【Academic Seminar】The Applications of Empirical Process in the Uncertainty Quantification Driven by PDE Problems with Observational Data
Topic: The Applications of Empirical Process in the Uncertainty Quantification Driven by PDE Problems with Observational Data
Time & Date: 10:30 - 11:30 am, Wednesday, April 21, 2021
Venue: Room 101, Zhi Xin Building
Speaker: Prof. Wenlong ZHANG, Southern University of Science and Technology, Department of Mathematics
Zoom Meeting ID: 559 916 3678 (Passcode: 962062)

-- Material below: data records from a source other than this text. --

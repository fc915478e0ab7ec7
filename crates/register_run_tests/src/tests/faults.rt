//! Sources and outputs that fail at each place in turn, and memory that is refused, beside sources that do not fail.

use super::streams::{ReadFault, Text};
use super::{
    HEADER, Host, RECORD, ROOM, cause_of, is_complete, plain_setup, report_of, result_of_run,
    sinks_of,
};
use register_records::faults::Sink;
use register_records::{Output, PlainOutput, SourceEnd};
use register_run::{Report, RunFault, RunFaultKind};
use std::alloc::{AllocError, Global};
use std::io;
use std::io::{ErrorKind, Write};
use std::process::Abort;

/// The table of three records.
static TABLE: &[u8] = b"\
row,id,calendar,date,rd,weekday,refusal
1,x,gregorian,1970-01-01,719163,Thursday,
2,x,gregorian,1970-01-01,719163,Thursday,
3,x,gregorian,1970-01-01,719163,Thursday,
";

/// The bytes of its heading, and of each row.
const HEADING_BYTES: usize = 40;

const ROW_BYTES: usize = 42;

/// The bytes of the table of so many records.
fn bytes_of_table(records: u32) -> usize {
    ROW_BYTES
        .saturating_mul(records as usize)
        .saturating_add(HEADING_BYTES)
}

static OTHER_RECORD: &[u8] = b"b,julian,1582-10-05\n";

static OTHER_TABLE: &[u8] =
    b"row,id,calendar,date,rd,weekday,refusal\n1,b,julian,1582-10-05,577736,Friday,\n";

/// What fails: a read; the write and the flush of these numbers, from 1, or 0 for none; and each write of more than so
/// many bytes takes so many alone.
#[derive(Clone, Copy)]
struct Faults {
    read: ReadFault,
    write: u32,
    flush: u32,
    most: usize,
}

const NO_FAULT: Faults = Faults {
    read: ReadFault::Nothing,
    write: 0,
    flush: 0,
    most: ROOM,
};

/// The output with these faults, and another one.
fn sinks_with(alloc: Global, faults: Faults) -> Result<Vec<Sink>, AllocError> {
    let first = Sink::new(alloc, 1, ROOM, faults.write, faults.flush, faults.most)?;
    let other = Sink::new(alloc, 2, ROOM, 0, 0, ROOM)?;
    Ok(Vec::from_array(alloc, [first, other])?)
}

/// What is seen of a source and its output: the number of the cause, or 0, whether the output has failed, and how many
/// bytes of the table's front stand on it, if nothing else does.
#[derive(Clone, Copy)]
struct Seen {
    cause: u8,
    has_failed: bool,
    bytes: Option<usize>,
}

impl Seen {
    fn of(end: &SourceEnd, sink: &Sink) -> Seen {
        Seen {
            cause: cause_of(end),
            has_failed: sink.has_failed(),
            bytes: if TABLE.starts_with(sink.bytes()) {
                Some(sink.bytes().len())
            } else {
                None
            },
        }
    }

    /// Whether the source has this cause, and so many bytes of the table are all that stands on its output.
    fn is(self, cause: u8, bytes: usize) -> bool {
        self.cause == cause && self.has_failed == (cause == 4) && self.bytes == Some(bytes)
    }

    /// Whether the source has this cause, and whole lines of the table of so many records stand on its output.
    fn has_lines(self, cause: u8, records: u32) -> bool {
        let Some(bytes) = self.bytes else {
            return false;
        };
        let is_whole = bytes == 0 || bytes % ROW_BYTES == HEADING_BYTES;
        is_whole && bytes <= bytes_of_table(records) && self.is(cause, bytes)
    }
}

/// What is seen of the first source of a run, where the second is whole with its table, and the run complete only if
/// the first is whole too.
fn seen_beside_whole(report: &Report<Sink>) -> Option<Seen> {
    let ([end, other_end], [sink, other]) = (report.ends.as_slice(), report.outputs.as_slice())
    else {
        return None;
    };
    let seen = Seen::of(end, sink);
    let is_right = is_complete(report) == (seen.cause == 0)
        && (sink.mark(), other.mark()) == (1, 2)
        && cause_of(other_end) == 0
        && !other.has_failed()
        && other.bytes() == OTHER_TABLE;
    if is_right { Some(seen) } else { None }
}

/// Runs a text of so many records with these faults beside another text, which becomes its table, and says what is
/// seen of the first.
fn seen_of(
    rt: &impl Host,
    alloc: Global,
    stripes: usize,
    records: u32,
    faults: Faults,
) -> Option<Seen> {
    let first = Text::new(HEADER, RECORD, records).read_by(ROOM, faults.read);
    let sources = Vec::from_array(alloc, [first, Text::new(HEADER, OTHER_RECORD, 1)]);
    let sinks = sinks_with(alloc, faults);
    let setup = plain_setup(1, stripes);
    let report = report_of(rt, alloc, setup, sources.ok(), sinks.ok())?;
    seen_beside_whole(&report)
}

/// What is called of a source or an output.
#[derive(Clone, Copy)]
enum Call {
    Read,
    Write,
    Flush,
}

impl Call {
    /// The fault of the call of this number.
    fn fault(self, number: u32) -> Faults {
        match self {
            Call::Read => Faults {
                read: ReadFault::At(number),
                ..NO_FAULT
            },
            Call::Write => Faults {
                write: number,
                ..NO_FAULT
            },
            Call::Flush => Faults {
                flush: number,
                ..NO_FAULT
            },
        }
    }

    /// Whether the call of this number broke the source, with whole lines on its output, and with none where no read
    /// succeeded.
    fn broke(self, number: u32, seen: Seen) -> bool {
        match self {
            Call::Read if number == 1 => seen.is(5, 0),
            Call::Read => seen.has_lines(5, 3),
            _ => seen.has_lines(4, 3),
        }
    }
}

/// More reads, writes or flushes than three records need.
const MANY: u32 = 20;

/// How many of the first calls break the source, each alone: from the next one on it is whole. It is more than there
/// are where one does anything else.
fn count_of_broken(rt: &impl Host, alloc: Global, stripes: usize, call: Call) -> u32 {
    for number in 1..MANY {
        let Some(seen) = seen_of(rt, alloc, stripes, 3, call.fault(number)) else {
            return MANY;
        };
        if seen.is(0, TABLE.len()) {
            return number.saturating_sub(1);
        }
        if !call.broke(number, seen) {
            return MANY.saturating_add(number);
        }
    }
    MANY
}

#[test]
fn a_read_a_write_and_a_flush_fail_at_each_place(rt: HostRuntime) {
    for stripes in [1, 4] {
        // The heading and the rows are at least two writes.
        for (call, name, least) in [
            (Call::Read, "read", 4),
            (Call::Write, "write", 2),
            (Call::Flush, "flush", 2),
        ] {
            let broken = count_of_broken(&rt, rt.alloc(), stripes, call);
            assert!(rt;
                (least..MANY - 1).contains(&broken),
                "{name}, {stripes} stripes: {broken}"
            );
        }
    }
}

/// A name, the records of a text, what fails, the cause, and the bytes of the table's front.
static TRIALS: [(&str, u32, Faults, u8, usize); 8] = [
    // Each write takes one byte, so the heading or the line of the first row is cut where a write fails. What was
    // written before stays, and nothing is added, no line feed either.
    (
        "a line is cut",
        3,
        Faults {
            write: 1,
            most: 1,
            ..NO_FAULT
        },
        4,
        0,
    ),
    (
        "a line is cut",
        3,
        Faults {
            write: 8,
            most: 1,
            ..NO_FAULT
        },
        4,
        7,
    ),
    (
        "a line is cut",
        3,
        Faults {
            write: 41,
            most: 1,
            ..NO_FAULT
        },
        4,
        40,
    ),
    (
        "a line is cut",
        3,
        Faults {
            write: 51,
            most: 1,
            ..NO_FAULT
        },
        4,
        50,
    ),
    // An output may take one byte, but not none.
    (
        "one byte by each write",
        3,
        Faults {
            most: 1,
            ..NO_FAULT
        },
        0,
        166,
    ),
    (
        "no byte by each write",
        3,
        Faults {
            most: 0,
            ..NO_FAULT
        },
        4,
        0,
    ),
    // A fault of writing is reported before one of reading. A text is cut off behind its record.
    (
        "a fault of reading",
        1,
        Faults {
            read: ReadFault::Behind,
            ..NO_FAULT
        },
        5,
        82,
    ),
    (
        "faults of reading and writing",
        1,
        Faults {
            read: ReadFault::Behind,
            write: 1,
            ..NO_FAULT
        },
        4,
        0,
    ),
];

/// Whether a source was seen with this cause and so many bytes.
fn is_seen(seen: Option<Seen>, cause: u8, bytes: usize) -> bool {
    match seen {
        Some(seen) => seen.is(cause, bytes),
        None => false,
    }
}

#[test]
fn a_fault_leaves_what_was_written(rt: HostRuntime) {
    for stripes in [1, 4] {
        for (name, records, faults, cause, bytes) in &TRIALS {
            let seen = seen_of(&rt, rt.alloc(), stripes, *records, *faults);
            assert!(rt;
                is_seen(seen, *cause, *bytes),
                "{name}, {stripes} stripes, {bytes} bytes"
            );
        }
    }
}

/// Writes a byte by each second call; the others are interrupted.
#[derive(Drop)]
struct Nervous {
    bytes: Vec<u8>,
    interrupted: bool,
}

impl Write for Nervous {
    fn write(&mut self, buf: &[u8]) -> io::Result<usize> {
        self.interrupted = !self.interrupted;
        if self.interrupted {
            return Err(io::Error::from(ErrorKind::Interrupted));
        }
        let most = buf.len().min(1);
        self.bytes.extend_from_slice(&buf[..most])?;
        Ok(most)
    }

    fn flush(&mut self) -> io::Result<()> {
        Ok(())
    }
}

/// Whether a run is complete, and its only output holds the table.
fn is_table(report: Report<PlainOutput<Nervous>>) -> bool {
    let mut is_right = is_complete(&report) && report.outputs.len() == 1;
    for output in report.outputs {
        is_right = output.into_inner().bytes.as_slice() == TABLE && is_right;
    }
    is_right
}

/// Whether three records become their table by reads and writes that are interrupted.
fn becomes_table(rt: &impl Host, alloc: Global, stripes: usize) -> bool {
    let text = Text::new(HEADER, RECORD, 3).read_by(1, ReadFault::Interrupted);
    let nervous = Nervous {
        bytes: Vec::new(alloc),
        interrupted: false,
    };
    let sources = Vec::from_array(alloc, [text]);
    let outputs = Vec::from_array(alloc, [PlainOutput::new(nervous, 1)]);
    let setup = plain_setup(1, stripes);
    match report_of(rt, alloc, setup, sources.ok(), outputs.ok()) {
        Some(report) => is_table(report),
        None => false,
    }
}

#[test]
fn interrupted_reads_and_writes_are_tried_again(rt: HostRuntime) {
    for stripes in [1, 4] {
        assert!(rt;
            becomes_table(&rt, rt.alloc(), stripes),
            "{stripes} stripes"
        );
    }
}

/// How many records each source has where memory is refused.
const COUNTS: [u32; 3] = [0, 1, 3];

/// Whether a run did not begin since memory ran out, and gives back its sources and its outputs, which are empty.
fn are_given_back<R>(fault: &RunFault<R, Sink>) -> bool {
    let mut empty = 0usize;
    for sink in &fault.outputs {
        if sink.bytes().is_empty() {
            empty = empty.saturating_add(1);
        }
    }
    fault.kind == RunFaultKind::NoMemory
        && fault.kind.number() == 3
        && fault.sources.len() == COUNTS.len()
        && empty == COUNTS.len()
}

/// Whether each source of a run is whole with its table, or has a cause of want and whole lines of its table, which one
/// of them at most has, and the run is complete if none has.
fn breaks_one_at_most(report: &Report<Sink>) -> bool {
    let (mut whole, mut broken) = (0usize, 0usize);
    for ((end, sink), records) in report.ends.iter().zip(&report.outputs).zip(COUNTS) {
        let seen = Seen::of(end, sink);
        if seen.is(0, bytes_of_table(records)) {
            whole = whole.saturating_add(1);
        } else if (1..=3).contains(&seen.cause) && seen.has_lines(seen.cause, records) {
            broken = broken.saturating_add(1);
        }
    }
    broken <= 1
        && whole.saturating_add(broken) == COUNTS.len()
        && report.ends.len() == COUNTS.len()
        && is_complete(report) == (broken == 0)
}

/// Whether a run goes as it should where memory may be refused. Its sources and outputs take none in it.
fn goes_in_need(rt: &impl Host, alloc: Global) -> bool {
    let sources = Vec::from_array(
        alloc,
        COUNTS.map(|records| Text::new(HEADER, RECORD, records)),
    );
    let (Ok(setup), Ok(sources), Ok(sinks)) = (
        plain_setup(1, 2),
        sources,
        sinks_of(alloc, COUNTS.len()),
    ) else {
        return true;
    };
    match result_of_run(rt, alloc, &setup, sources, sinks) {
        Ok(report) => breaks_one_at_most(&report),
        Err(fault) => are_given_back(&fault),
    }
}

// It passes whichever allocation is refused: then the run does not begin, and says so, or one source alone is broken,
// since memory ran out, or a thread or a confirmation was missing.
#[test]
fn a_run_that_is_refused_memory_does_not_begin_or_breaks_one_source(rt: HostRuntime) {
    assert!(rt; goes_in_need(&rt, rt.alloc()));
}
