//! Runs with a gate and with readers that wait show that the work of several threads goes on at the same time. Each of
//! them looks only so often: where what it waits for does not come, it fails.

use super::streams::{Counter, Text};
use super::{HEADER, Host, RECORD, is_complete, plain_setup, report_of, sinks_of};
use register_records::{Output, PlainOutput, Setup, SetupFault};
use register_run::{Gate, Report, run_gated};
use std::alloc::{AllocError, Global};
use std::io::{ErrorKind, Read};
use std::sync::Wait;
use std::sync::atomic::{AtomicU64, Ordering};
use std::{io, thread};

/// How often a test looks for what it waits for.
const MOST_LOOKS: u32 = 100_000_000;

/// How often a test looks for what must not come.
const FEW_LOOKS: u32 = 100_000;

const WHOLE_TEXT: &[u8] = b"id,calendar,date\nx,gregorian,1970-01-01\n";

/// Looks so often at most until the count has come so far, and says whether it did.
fn has_come(count: &AtomicU64, wanted: u64, looks: u32) -> bool {
    for _ in 0..looks {
        if count.load(Ordering::SeqCst) >= wanted {
            return true;
        }
        thread::yield_now();
    }
    false
}

/// What is counted of a run.
#[derive(Drop)]
struct Counts {
    // The reads of the first and of the second source for what is behind what they have given.
    asked: AtomicU64,
    asked_of_other: AtomicU64,
    // The entries that came to the gate, and those that left it in vain.
    came: AtomicU64,
    late: AtomicU64,
    // The writes behind the headings, of a row or of several, and the bytes of all.
    rows: AtomicU64,
    bytes: AtomicU64,
}

/// One of these counts.
#[derive(Clone, Copy)]
enum Count {
    Asked,
    Came,
    Rows,
}

impl Counts {
    fn new() -> Counts {
        Counts {
            asked: AtomicU64::new(0),
            asked_of_other: AtomicU64::new(0),
            came: AtomicU64::new(0),
            late: AtomicU64::new(0),
            rows: AtomicU64::new(0),
            bytes: AtomicU64::new(0),
        }
    }

    fn of(&self, count: Count) -> &AtomicU64 {
        match count {
            Count::Asked => &self.asked,
            Count::Came => &self.came,
            Count::Rows => &self.rows,
        }
    }

    fn awaited(&self, count: Option<Count>) -> Option<&AtomicU64> {
        Some(self.of(count?))
    }

    fn are_those_of(&self, trial: &Trial) -> bool {
        self.came.load(Ordering::SeqCst) == trial.entries
            && self.late.load(Ordering::SeqCst) == trial.late
            && (1..=trial.entries).contains(&self.rows.load(Ordering::SeqCst))
    }
}

/// A reader of a text that counts the reads behind what it has given. With the first of them it waits, where it has to,
/// until a count has come to 1; where that does not come it gives a fault.
#[derive(Drop)]
struct Waiting<'a> {
    text: Text<'a>,
    asked: &'a AtomicU64,
    until: Option<&'a AtomicU64>,
}

impl<'a> Waiting<'a> {
    /// The reader of a text of one record that waits before it gives any of it.
    fn new(asked: &'a AtomicU64, until: &'a AtomicU64) -> Waiting<'a> {
        Waiting {
            text: Text::new(b"", WHOLE_TEXT, 1),
            asked,
            until: Some(until),
        }
    }
}

impl Read for Waiting<'_> {
    fn read(&mut self, buf: &mut [u8]) -> io::Result<usize> {
        if self.text.is_between() {
            let asked = self.asked.fetch_add(1, Ordering::SeqCst);
            if let Some(until) = self.until
                && asked == 0
                && !has_come(until, 1, MOST_LOOKS)
            {
                return Err(io::Error::from(ErrorKind::TimedOut));
            }
        }
        self.text.read(buf)
    }
}

/// A gate that holds some entries until a count has come, and notes where it did not come.
#[derive(Drop)]
struct Held<'a> {
    counts: &'a Counts,
    trial: &'a Trial,
}

impl Gate for Held<'_> {
    fn pass<T: Wait>(&self, _rt: &T, _number: u32) {
        let before = self.counts.came.fetch_add(1, Ordering::SeqCst);
        let count = self.counts.of(self.trial.until);
        if before < self.trial.held && !has_come(count, self.trial.wanted, self.trial.looks) {
            self.counts.late.fetch_add(1, Ordering::SeqCst);
        }
    }
}

/// A run of two sources through a gate.
#[derive(Clone, Copy)]
struct Trial {
    ring: usize,
    stripes: usize,
    // The first source: a front, and the records behind it, before which its reader may wait for a count.
    front: &'static [u8],
    records: u32,
    waits: Option<Count>,
    // The second source.
    other: &'static [u8],
    // The entries of both.
    entries: u64,
    // How many of them the gate holds until what count has come how far, how often it looks, and how many it lets go
    // though that has not come.
    held: u64,
    until: Count,
    wanted: u64,
    looks: u32,
    late: u64,
}

/// A source of one record and one of none, with nothing held.
const PLAIN: Trial = Trial {
    ring: 16,
    stripes: 1,
    front: WHOLE_TEXT,
    records: 0,
    waits: None,
    other: HEADER,
    entries: 1,
    held: 0,
    until: Count::Came,
    wanted: 0,
    looks: MOST_LOOKS,
    late: 0,
};

/// The reader gives the second record only after a row was written.
const FIRST_ROW_BEFORE_SECOND_RECORD: Trial = Trial {
    records: 1,
    waits: Some(Count::Rows),
    entries: 2,
    ..PLAIN
};

/// All records are read apart.
const HEADER_APART: Trial = Trial {
    front: HEADER,
    ..PLAIN
};

static TRIALS: [(&str, Trial); 9] = [
    (
        "first_row_before_second_record",
        FIRST_ROW_BEFORE_SECOND_RECORD,
    ),
    (
        "first_row_before_second_record, 4 stripes",
        Trial {
            stripes: 4,
            ..FIRST_ROW_BEFORE_SECOND_RECORD
        },
    ),
    // The gate holds the first entry until the second record was asked for.
    (
        "reader_beside_converter",
        Trial {
            records: 1,
            entries: 2,
            held: 1,
            until: Count::Asked,
            wanted: 1,
            ..PLAIN
        },
    ),
    // The gate holds the first entry that comes until a row stands in an output.
    (
        "converter_beside_writer",
        Trial {
            other: WHOLE_TEXT,
            entries: 2,
            held: 1,
            until: Count::Rows,
            wanted: 1,
            ..PLAIN
        },
    ),
    // The gate holds each entry until all of them came.
    (
        "all_converters_at_once, 2 stripes",
        Trial {
            stripes: 2,
            records: 2,
            entries: 2,
            held: 2,
            wanted: 2,
            ..HEADER_APART
        },
    ),
    (
        "all_converters_at_once, 3 stripes",
        Trial {
            stripes: 3,
            records: 3,
            entries: 3,
            held: 3,
            wanted: 3,
            ..HEADER_APART
        },
    ),
    (
        "all_converters_at_once, 4 stripes",
        Trial {
            stripes: 4,
            records: 4,
            entries: 4,
            held: 4,
            wanted: 4,
            ..HEADER_APART
        },
    ),
    // With rings of one a reader is soon held up by its converter.
    (
        "bounded_run_ahead",
        Trial {
            ring: 1,
            records: 100,
            entries: 100,
            held: 1,
            until: Count::Asked,
            wanted: 10,
            looks: FEW_LOOKS,
            late: 1,
            ..HEADER_APART
        },
    ),
    // The row of an entry is not written before the entry has passed the gate.
    (
        "no_row_before_the_gate",
        Trial {
            held: 1,
            until: Count::Rows,
            wanted: 1,
            looks: FEW_LOOKS,
            late: 1,
            ..PLAIN
        },
    ),
];

/// So many outputs that count what they are given.
pub fn counters<'a>(
    alloc: Global,
    count: usize,
    rows: &'a AtomicU64,
    bytes: &'a AtomicU64,
) -> Result<Vec<PlainOutput<Counter<'a>>>, AllocError> {
    let mut outputs = Vec::new(alloc);
    for _ in 0..count {
        outputs.push(PlainOutput::new(Counter::new(rows, bytes), 1))?;
    }
    Ok(outputs)
}

/// The report of a run with a gate. Nothing is promised of it, as of a run without one.
fn report_of_gated<T: Host, R: Read + Send + Drop, W: Output + Drop>(
    rt: &T,
    alloc: Global,
    setup: &Setup,
    sources: Vec<R>,
    outputs: Vec<W>,
    gate: &Held<'_>,
) -> Option<Report<W>> {
    run_gated(rt, alloc, sources, outputs, setup, gate).ok()
}

/// Whether a run with a gate begins and is complete.
fn is_complete_gated<T: Host, R: Read + Send + Drop, W: Output + Drop>(
    rt: &T,
    alloc: Global,
    setup: Result<Setup, SetupFault>,
    sources: Option<Vec<R>>,
    outputs: Option<Vec<W>>,
    gate: &Held<'_>,
) -> bool {
    let (Ok(setup), Some(sources), Some(outputs)) = (setup, sources, outputs) else {
        return false;
    };
    match report_of_gated(rt, alloc, &setup, sources, outputs, gate) {
        Some(report) => is_complete(&report),
        None => false,
    }
}

/// Whether a run is complete, and as many entries came to the gate, and as many left it in vain, as the trial says.
fn goes(rt: &impl Host, alloc: Global, trial: &Trial) -> bool {
    let counts = Counts::new();
    let first = Waiting {
        text: Text::new(trial.front, RECORD, trial.records),
        asked: &counts.asked,
        until: counts.awaited(trial.waits),
    };
    let other = Waiting {
        text: Text::new(trial.other, RECORD, 0),
        asked: &counts.asked_of_other,
        until: None,
    };
    let sources = Vec::from_array(alloc, [first, other]);
    let outputs = counters(alloc, 2, &counts.rows, &counts.bytes);
    let setup = plain_setup(trial.ring, trial.stripes);
    let gate = Held {
        counts: &counts,
        trial,
    };
    is_complete_gated(rt, alloc, setup, sources.ok(), outputs.ok(), &gate)
        && counts.are_those_of(trial)
}

#[test]
fn threads_work_at_the_same_time(rt: HostRuntime) {
    for (name, trial) in &TRIALS {
        assert!(rt; goes(&rt, rt.alloc(), trial), "{name}");
    }
}

/// Whether a run of two readers is complete, each of which gives its text only after the other one's was asked for.
fn readers_meet(rt: &impl Host, alloc: Global, stripes: usize) -> bool {
    let (first, second) = (AtomicU64::new(0), AtomicU64::new(0));
    let sources = Vec::from_array(
        alloc,
        [Waiting::new(&first, &second), Waiting::new(&second, &first)],
    );
    let outputs = sinks_of(alloc, 2);
    let setup = plain_setup(16, stripes);
    match report_of(rt, alloc, setup, sources.ok(), outputs.ok()) {
        Some(report) => is_complete(&report),
        None => false,
    }
}

#[test]
fn two_readers_meet(rt: HostRuntime) {
    for stripes in [1, 4] {
        assert!(rt; readers_meet(&rt, rt.alloc(), stripes), "{stripes} stripes");
    }
}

For many real applications, the data needed for computation is mixed by random noise or random field, this is the so called uncertainty quantification(UQ). In this talk, I will show some new research in the uncertainty quantification driven by PDE problems including theory and numerical examples. The observational data in practice is always blurred by some noise, e.g. natural noise, the error of the measurements and the error of the model itself. For years, it's a challenge to recover the true information from noisy data in many fields. In this talk I will give new analytical tools to estimate the stochastic convergence in some problems driven by PDE using regularization method. It provides the optimal parameter choices in the models and the stochastic error estimates are given therein. Several applications will be shown in this talk.
Zhang Wenlong, got PHD from Ecole Normale Superieure, Paris and now is an assistant professor in SUSTech. His research interests include inverse problems, uncertainty quantification, numerical analysis, he has published several papers on journals Siam and inverse problems.